Es wird doch Zeit, dass wir die Reife besitzen, diese Phänomene zu durchschauen und sie zu überwinden. Und unseren Stolz sowie ein kurzes gewohntes Geschmackserlebnis verdammt noch mal nicht über das Leben anderer stellen. Hinrichten und Misshandeln für Kuhmilch, Eier, Käse und Fleisch, sowie alle Produkte, die das beinhalten, einfach aus Gewohnheit und weil es uns doch schmeckt?
„Darauf könnte ich nicht verzichten.“
Das tut mir leid, dass es ein bisschen anstrengend ist, seine Gewohnheiten zu ändern. Aber in welchem Verhältnis steht dein Verzicht auf gewisse Luxusprodukte im Vergleich zu dem Verzicht auf Leben? Wieso erwartest du, dass die Begründung, du könnest nicht verzichten, hingenommen wird, während du den viel gewichtigeren Wunsch nach Leben selbst missachtest? Und wenn ihr selbst zu einer Gruppe gehört, die solche Gewalt erlebt, wie würdet ihr dann diese Rechtfertigungen wahrnehmen?
Würdet ihr nicht in unfassbarer Verzweiflung hoffen, dass andere statt der Relativierung und Rechtfertigung mit für eure Interessen einstehen?
Lassen wir den Stolz doch einfach beiseite und hören auf mit diesem Mist!
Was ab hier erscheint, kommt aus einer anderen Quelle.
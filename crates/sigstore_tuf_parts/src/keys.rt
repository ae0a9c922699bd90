// Keys, and what a role asks of them.
ghost use Rattle.sigstore_tuf_parts.specs.Keys.{role_keys_of, key_in_of, key_val_of};

use foundation::{Duplicate, NoMemory, Sequence};
use serde_json::Value;
use sigstore_tuf_text::{DocumentMember, Error, others};
use sigstore_types_parts::{FromValue, Json, Text, TextMap, required};
use std::alloc::Global;

/// The text of a public key.
#[derive(PartialEq, Drop)]
pub struct KeyVal {
    pub public: Text,
    pub extra: TextMap<Json>,
}

/// A key as a document declares it.
#[derive(PartialEq, Drop)]
pub struct Key {
    pub keytype: Text,
    pub scheme: Text,
    pub keyval: KeyVal,
    pub extra: TextMap<Json>,
}

/// The ids of the keys that sign for a role, and how many of them have to.
#[derive(PartialEq, Drop)]
pub struct RoleKeys {
    pub keyids: Sequence<Text>,
    pub threshold: u64,
    pub extra: TextMap<Json>,
}

impl FromValue<Error> for KeyVal {
    ghost reads = { key_val_of };

    #[tactic(auto, unfolding(crate::specs::Keys::key_val_of))]
    fn from_value(alloc: Global, value: &Value) -> Result<KeyVal, Error> {
        Ok(KeyVal {
            public: required(alloc, value, DocumentMember::Public)?,
            extra: others(alloc, value, &[DocumentMember::Public])?,
        })
    }
}

const KEY_MEMBERS: [DocumentMember; 3] = [
    DocumentMember::Keytype,
    DocumentMember::Scheme,
    DocumentMember::Keyval,
];

impl FromValue<Error> for Key {
    ghost reads = { key_in_of };

    #[tactic(auto, unfolding(crate::specs::Keys::key_in_of))]
    fn from_value(alloc: Global, value: &Value) -> Result<Key, Error> {
        let keytype = required(alloc, value, DocumentMember::Keytype)?;
        let scheme = required(alloc, value, DocumentMember::Scheme)?;
        let keyval: KeyVal = required(alloc, value, DocumentMember::Keyval)?;
        match others(alloc, value, &KEY_MEMBERS) {
            Ok(extra) => Ok(Key {
                keytype,
                scheme,
                keyval,
                extra,
            }),
            Err(NoMemory) => {
                drop(keyval);
                Err(Error::NoMemory)
            }
        }
    }
}

impl FromValue<Error> for RoleKeys {
    ghost reads = { role_keys_of };

    #[tactic(auto, unfolding(crate::specs::Keys::role_keys_of))]
    fn from_value(alloc: Global, value: &Value) -> Result<RoleKeys, Error> {
        Ok(RoleKeys {
            keyids: required(alloc, value, DocumentMember::Keyids)?,
            threshold: required(alloc, value, DocumentMember::Threshold)?,
            extra: others(
                alloc,
                value,
                &[DocumentMember::Keyids, DocumentMember::Threshold],
            )?,
        })
    }
}

impl Duplicate for KeyVal {
    fn duplicate(&self, alloc: Global) -> Result<KeyVal, NoMemory> {
        Ok(KeyVal {
            public: self.public.duplicate(alloc)?,
            extra: self.extra.duplicate(alloc)?,
        })
    }
}

impl Duplicate for Key {
    fn duplicate(&self, alloc: Global) -> Result<Key, NoMemory> {
        Ok(Key {
            keytype: self.keytype.duplicate(alloc)?,
            scheme: self.scheme.duplicate(alloc)?,
            keyval: self.keyval.duplicate(alloc)?,
            extra: self.extra.duplicate(alloc)?,
        })
    }
}

impl Duplicate for RoleKeys {
    fn duplicate(&self, alloc: Global) -> Result<RoleKeys, NoMemory> {
        Ok(RoleKeys {
            keyids: self.keyids.duplicate(alloc)?,
            threshold: self.threshold,
            extra: self.extra.duplicate(alloc)?,
        })
    }
}
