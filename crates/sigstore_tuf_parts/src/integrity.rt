// Whether a file is the one that was pinned, and whether a document is fresh.
ghost use Rattle.std.specs.Prelude.{◌≡◌, ◌≢◌, Ok, Err, IfOk, IfErr};
ghost use Rattle.std.specs.Option.{option_copied};
ghost use Rattle.sha2.specs.Sha256.{sha256};
ghost use Rattle.sha2.specs.Sha512.{sha512};
ghost use Rattle.sigstore_tuf_parts.specs.Integrity.{integrity_of, length_of, digests_of, digest_of, spells, version_of, is_past, fresh_of};

use crate::timestamp::MetaFile;
use jiff::Timestamp;
use sha2::{Digest, Sha256, Sha512};
use sigstore_tuf_text::{Error, Mismatch};
use sigstore_types_parts::{Text, TextMap};
use std::alloc::Global;

/// Whether bytes have the pinned length and digests, each where it is there. Errors:
/// `IntegrityMismatch` with `Length`, `Digest` for one that differs, then `NoDigest` for a map
/// without a supported digest.
#[tactic(auto, unfolding(crate::specs::Integrity::integrity_of))]
pub fn check_integrity(
    length: Option<u64>,
    hashes: Option<&TextMap<Text>>,
    bytes: &[u8],
) -> Result<(), Error>
    ensures { result ≡ integrity_of length (option_copied hashes.entry) bytes.now }
{
    check_length(length, bytes)?;
    match hashes {
        Some(hashes) => check_digests(hashes, bytes),
        None => Ok(()),
    }
}

fn check_length(length: Option<u64>, bytes: &[u8]) -> Result<(), Error>
    ensures { result ≡ length_of length bytes.now }
{
    match length {
        Some(length) => if bytes.len() as u64 == length {
            Ok(())
        } else {
            Err(Error::IntegrityMismatch(Mismatch::Length))
        },
        None => Ok(()),
    }
}

fn check_digests(hashes: &TextMap<Text>, bytes: &[u8]) -> Result<(), Error>
    ensures { result ≡ digests_of hashes.now bytes.now }
{
    check_sha256(hashes.get("sha256"), bytes)?;
    check_sha512(hashes.get("sha512"), bytes)?;
    if hashes.get("sha256").is_some() || hashes.get("sha512").is_some() {
        Ok(())
    } else {
        Err(Error::IntegrityMismatch(Mismatch::NoDigest))
    }
}

fn check_sha256(text: Option<&Text>, bytes: &[u8]) -> Result<(), Error>
    ensures { result ≡ digest_of (sha256 bytes.now) (option_copied text.entry) }
{
    match text {
        Some(text) => if spells_sha256(&Sha256::digest(bytes), text) {
            Ok(())
        } else {
            Err(Error::IntegrityMismatch(Mismatch::Digest))
        },
        None => Ok(()),
    }
}

fn check_sha512(text: Option<&Text>, bytes: &[u8]) -> Result<(), Error>
    ensures { result ≡ digest_of (sha512 bytes.now) (option_copied text.entry) }
{
    match text {
        Some(text) => if spells_sha512(&Sha512::digest(bytes), text) {
            Ok(())
        } else {
            Err(Error::IntegrityMismatch(Mismatch::Digest))
        },
        None => Ok(()),
    }
}

// The text spells the digest in hexadecimal, in either case.
fn spells_sha256(digest: &[u8; 32], text: &Text) -> bool
    ensures { result ≡ spells digest.now text.now }
{
    let mut digits = [0u8; 64];
    match hex::encode_to_slice(digest.as_slice(), &mut digits) {
        Ok(()) => text.as_str().as_bytes().eq_ignore_ascii_case(&digits),
        Err(_) => false,
    }
}

fn spells_sha512(digest: &[u8; 64], text: &Text) -> bool
    ensures { result ≡ spells digest.now text.now }
{
    let mut digits = [0u8; 128];
    match hex::encode_to_slice(digest.as_slice(), &mut digits) {
        Ok(()) => text.as_str().as_bytes().eq_ignore_ascii_case(&digits),
        Err(_) => false,
    }
}

/// Whether a document's version is its pin's. Errors: `IntegrityMismatch(Version)`.
pub fn check_version(pin: &MetaFile, version: u64) -> Result<(), Error>
    ensures { result ≡ version_of pin.now version }
{
    if version == pin.version {
        Ok(())
    } else {
        Err(Error::IntegrityMismatch(Mismatch::Version))
    }
}

/// Whether a document that expires at that moment has expired now; at the moment itself it has not.
pub fn is_past(expires: Timestamp, now: Timestamp) -> bool
    ensures { result ≡ is_past expires now }
{
    expires < now
}

/// Whether a role's document hasn't expired now. Errors: `Expired`.
#[tactic(auto, unfolding(crate::specs::Integrity::fresh_of))]
pub fn check_fresh(
    alloc: Global,
    role: &str,
    expires: Timestamp,
    now: Timestamp,
) -> Result<(), Error>
    ensures ok { IfOk result (λ v. fresh_of role.now expires now ≡ Ok v) }
    ensures err { IfErr result (λ e. e ≢ Error.NoMemory → fresh_of role.now expires now ≡ Err e) }
{
    if is_past(expires, now) {
        return Err(Error::Expired {
            role: Text::new(alloc, role)?,
            expires,
        });
    }
    Ok(())
}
Ich bin nicht perfekt, ich fand selbst unzählige Ausreden dafür, nicht vegan zu leben, obwohl ich konnte. Und ich finde auch jetzt noch weiter Ausreden für Dinge, die nicht korrekt sind. Aber irgendwann müssen wir erwachsen werden und Verantwortung übernehmen. (Wobei „erwachsen werden“ eher ein Hindernis zu sein scheint, so sind es doch insbesondere Kinder, die die Ehrlichkeit und Bereitschaft besitzen, ihrer Empathie entsprechend zu handeln.)
Also reißt euch zusammen, verkneift euer „Mimimi“ und euer Veganer*innenbashing und hört auf, Tierprodukte zu essen!